**Required work:** In the records below, work out how many lines hold the word "played". Report the number alone.

[Stored data entries]
// The exported calls. Each answers what the call reports, 0 where it reports nothing, or 256 and the refusal's number. What a frame reports, and what may be
// above 255, has a place of its own.
ghost use Rattle.std.specs.Prelude.{◌≡◌, ◌+◌, not, eqb};
ghost use Rattle.areas.specs.Areas.{judged};
ghost use Rattle.chain.specs.Answers.{called};
ghost use Rattle.num.specs.Refusals.{number_of};
ghost use Rattle.chain.specs.Calls.{reset_reply, switch_reply, ask_reply, commit_reply, step_reply};
ghost use Rattle.bridge.specs.Cabinets.{ShowsSource};
ghost use Rattle.bridge.specs.Judged.{judged_told};
ghost use Rattle.bridge.specs.Sheets.{PlaysSheet};
ghost use Rattle.bridge.specs.Outcomes.{outcome, answered, opening, on_state, depth_set, depth_told, enabled_told, preset_told, write_told, write_left, Kept};
ghost use Rattle.bridge.specs.Outcomes.{Frames};

use super::state::{decode, encode};
use cabinet::{show, source_stops};
use cards::station::Station;
use cards::{reader, writer};
use chain::pipeline;
use num::refusal::Refusal;
use passes::blur::Counts;
use sheets::play::play;

// A refusal's number.
fn refusal(k: Refusal) -> u32
    ensures { result ≡ 256 + number_of k }
{
    256 + k.number() as u32
}

// Tells how a call was answered, and keeps its station where it is no refusal.
fn keep(answer: Result<(), Refusal>, station: &Station, state: &mut [u8; 134]) -> u32
    ensures { outcome result state.new ≡ answered state.old (called answer station.now) }
{
    match answer {
        Ok(()) => {
            *state = encode(station);
            0
        }
        Err(k) => refusal(k),
    }
}

// Tells how a frame was answered, and keeps its station and what it reports where it is no refusal.
fn keep_frame(
    answer: Result<Counts, Refusal>,
    station: &Station,
    state: &mut [u8; 134],
    reports: &mut [u32; 2],
) -> u32
    ensures { Kept state.old reports.old answer station.now result state.new reports.new }
{
    match answer {
        Ok(Counts { clipped, samples }) => {
            *state = encode(station);
            *reports = [clipped, samples];
            0
        }
        Err(k) => refusal(k),
    }
}

// The station of a card, written as the state.
#[unsafe(no_mangle)]
pub extern "C" fn hedgemallow_open(card: &[u8], state: &mut [u8; 134]) -> u32
    ensures { outcome result state.new ≡ opening card.now state.old }
{
    match reader::open(card) {
        Ok(station) => {
            *state = encode(&station);
            0
        }
        Err(k) => refusal(k),
    }
}

// The station's card at the start of the buffer, and its length.
#[unsafe(no_mangle)]
pub extern "C" fn hedgemallow_write(state: &[u8; 134], buffer: &mut [u8]) -> u32
    ensures { (result ≡ write_told state.now buffer.old)
        × (buffer.new ≡ write_left state.now buffer.old) }
{
    let Ok(station) = decode(state) else {
        return refusal(Refusal::BadStation);
    };
    match writer::write(&station, buffer) {
        Ok(n) => n as u32,
        Err(k) => refusal(k),
    }
}

// A frame; and what it reports: how many channels were clipped, and how many samples were taken.
#[unsafe(no_mangle)]
pub extern "C" fn hedgemallow_apply(
    state: &mut [u8; 134],
    framebuffer: &mut [u32],
    width: usize,
    height: usize,
    history: &mut [u32],
    floats: &mut [f32],
    ints: &mut [u32],
    curve: &[f32],
    reports: &mut [u32; 2],
) -> u32
    ensures { Frames width height state.old framebuffer.old history.old floats.old ints.old
        curve.now reports.old result state.new framebuffer.new history.new floats.new
        ints.new reports.new }
{
    let Ok(mut station) = decode(state) else {
        return refusal(Refusal::BadStation);
    };
    let applied = pipeline::apply(
        &mut station,
        framebuffer,
        width,
        height,
        history,
        floats,
        ints,
        curve,
    );
    keep_frame(applied, &station, state, reports)
}

// A frame of a source, enlarged. The source is looked at first.
#[unsafe(no_mangle)]
pub extern "C" fn hedgemallow_show(
    state: &mut [u8; 134],
    picture: &[u8],
    width: usize,
    height: usize,
    colours: &[u32],
    framebuffer: &mut [u32],
    history: &mut [u32],
    floats: &mut [f32],
    ints: &mut [u32],
    curve: &[f32],
    reports: &mut [u32; 2],
) -> u32
    ensures { ShowsSource width height picture.now colours.now state.old framebuffer.old
        history.old floats.old ints.old curve.now reports.old result state.new
        framebuffer.new history.new floats.new ints.new reports.new }
{
    if let Err(k) = source_stops(width, height, picture.len(), colours.len()) {
        return refusal(k);
    }
    let Ok(mut station) = decode(state) else {
        return refusal(Refusal::BadStation);
    };
    let applied = show(
        &mut station,
        picture,
        width,
        height,
        colours,
        framebuffer,
        history,
        floats,
        ints,
        curve,
    );
    keep_frame(applied, &station, state, reports)
}

// Plays a sheet, with the buffers of a frame lent for all its events. How many were accepted and how many refused goes to a place of its own.
#[unsafe(no_mangle)]
pub extern "C" fn hedgemallow_play(
    state: &mut [u8; 134],
    sheet: &[u8],
    framebuffer: &mut [u32],
    history: &mut [u32],
    floats: &mut [f32],
    ints: &mut [u32],
    curve: &[f32],
    reports: &mut [u32; 2],
) -> u32
    ensures { PlaysSheet sheet.now state.old framebuffer.old history.old floats.old
        ints.old curve.now reports.old result state.new framebuffer.new history.new
        floats.new ints.new reports.new }
{
    let Ok(mut station) = decode(state) else {
        return refusal(Refusal::BadStation);
    };
    match play(
        &mut station,
        sheet,
        framebuffer,
        history,
        floats,
        ints,
        curve,
    ) {
        Ok(played) => {
            *state = encode(&station);
            *reports = [played.accepted, played.refused];
            0
        }
        Err(k) => refusal(k),
    }
}

// Forgets what the histories hold.
#[unsafe(no_mangle)]
pub extern "C" fn hedgemallow_reset(state: &mut [u8; 134]) -> u32
    ensures { outcome result state.new ≡ on_state reset_reply state.old }
{
    let Ok(mut station) = decode(state) else {
        return refusal(Refusal::BadStation);
    };
    let called = pipeline::reset(&mut station);
    keep(called, &station, state)
}

// Switches the first pass of that kind: 0 is off, any other number on.
#[unsafe(no_mangle)]
pub extern "C" fn hedgemallow_set_enabled(state: &mut [u8; 134], kind: u8, on: u8) -> u32
    ensures { outcome result state.new ≡ on_state (switch_reply kind (not (eqb on 0))) state.old }
{
    let Ok(mut station) = decode(state) else {
        return refusal(Refusal::BadStation);
    };
    let called = pipeline::set_enabled(&mut station, kind, on != 0);
    keep(called, &station, state)
}

// Asks for a switch of the first pass of that kind: 0 is off, any other number on.
#[unsafe(no_mangle)]
pub extern "C" fn hedgemallow_ask(state: &mut [u8; 134], kind: u8, on: u8) -> u32
    ensures { outcome result state.new ≡ on_state (ask_reply kind (not (eqb on 0))) state.old }
{
    let Ok(mut station) = decode(state) else {
        return refusal(Refusal::BadStation);
    };
    let called = pipeline::ask(&mut station, kind, on != 0);
    keep(called, &station, state)
}

// Makes the switch that was asked for.
#[unsafe(no_mangle)]
pub extern "C" fn hedgemallow_commit(state: &mut [u8; 134]) -> u32
    ensures { outcome result state.new ≡ on_state commit_reply state.old }
{
    let Ok(mut station) = decode(state) else {
        return refusal(Refusal::BadStation);
    };
    let called = pipeline::commit(&mut station);
    keep(called, &station, state)
}

// Steps the LUT to its next preset, and reports it.
#[unsafe(no_mangle)]
pub extern "C" fn hedgemallow_cycle_lut(state: &mut [u8; 134]) -> u32
    ensures { outcome result state.new ≡ on_state step_reply state.old }
{
    let Ok(mut station) = decode(state) else {
        return refusal(Refusal::BadStation);
    };
    match pipeline::cycle_lut(&mut station) {
        Ok(preset) => {
            *state = encode(&station);
            preset as u32
        }
        Err(k) => refusal(k),
    }
}

// Gives the first persistence a new depth, and its history with it.
#[unsafe(no_mangle)]
pub extern "C" fn hedgemallow_set_depth(
    state: &mut [u8; 134],
    history: &mut [u32],
    depth: u8,
) -> u32
    ensures { (outcome result state.new, history.new) ≡ depth_set depth state.old history.old }
{
    let Ok(mut station) = decode(state) else {
        return refusal(Refusal::BadStation);
    };
    let called = pipeline::set_depth(&mut station, history, depth);
    keep(called, &station, state)
}

// Document 01's K, the sum of the depths in the chain, for sizing the history.
#[unsafe(no_mangle)]
pub extern "C" fn hedgemallow_depth(state: &[u8; 134]) -> u32
    ensures { result ≡ depth_told state.now }
{
    let Ok(station) = decode(state) else {
        return refusal(Refusal::BadStation);
    };
    pipeline::places(&station) as u32
}

// Whether the first pass of that kind is on: 1, or 0 where it is off.
#[unsafe(no_mangle)]
pub extern "C" fn hedgemallow_enabled(state: &[u8; 134], kind: u8) -> u32
    ensures { result ≡ enabled_told kind state.now }
{
    let Ok(station) = decode(state) else {
        return refusal(Refusal::BadStation);
    };
    match pipeline::enabled(&station, kind) {
        Ok(on) => on as u32,
        Err(k) => refusal(k),
    }
}

// The LUT's preset.
#[unsafe(no_mangle)]
pub extern "C" fn hedgemallow_preset(state: &[u8; 134]) -> u32
    ensures { result ≡ preset_told state.now }
{
    let Ok(station) = decode(state) else {
        return refusal(Refusal::BadStation);
    };
    match pipeline::preset(&station) {
        Ok(preset) => preset as u32,
        Err(k) => refusal(k),
    }
}

// The totals of rectangles of a picture, three for each, at the front of the result; and how many words were read. It asks for no station.
#[unsafe(no_mangle)]
pub extern "C" fn hedgemallow_areas(
    picture: &[u32],
    width: usize,
    height: usize,
    areas: &[u16],
    res: &mut [u64],
    read: &mut [u32; 1],
) -> u32
    ensures { (result, (read.new, res.new))
        ≡ judged_told read.old (judged picture.now width height areas.now res.old) }
{
    match areas::totals(picture, width, height, areas, res) {
        Ok(n) => {
            *read = [n];
            0
        }
        Err(k) => refusal(k),
    }
}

**Expected answer:** 2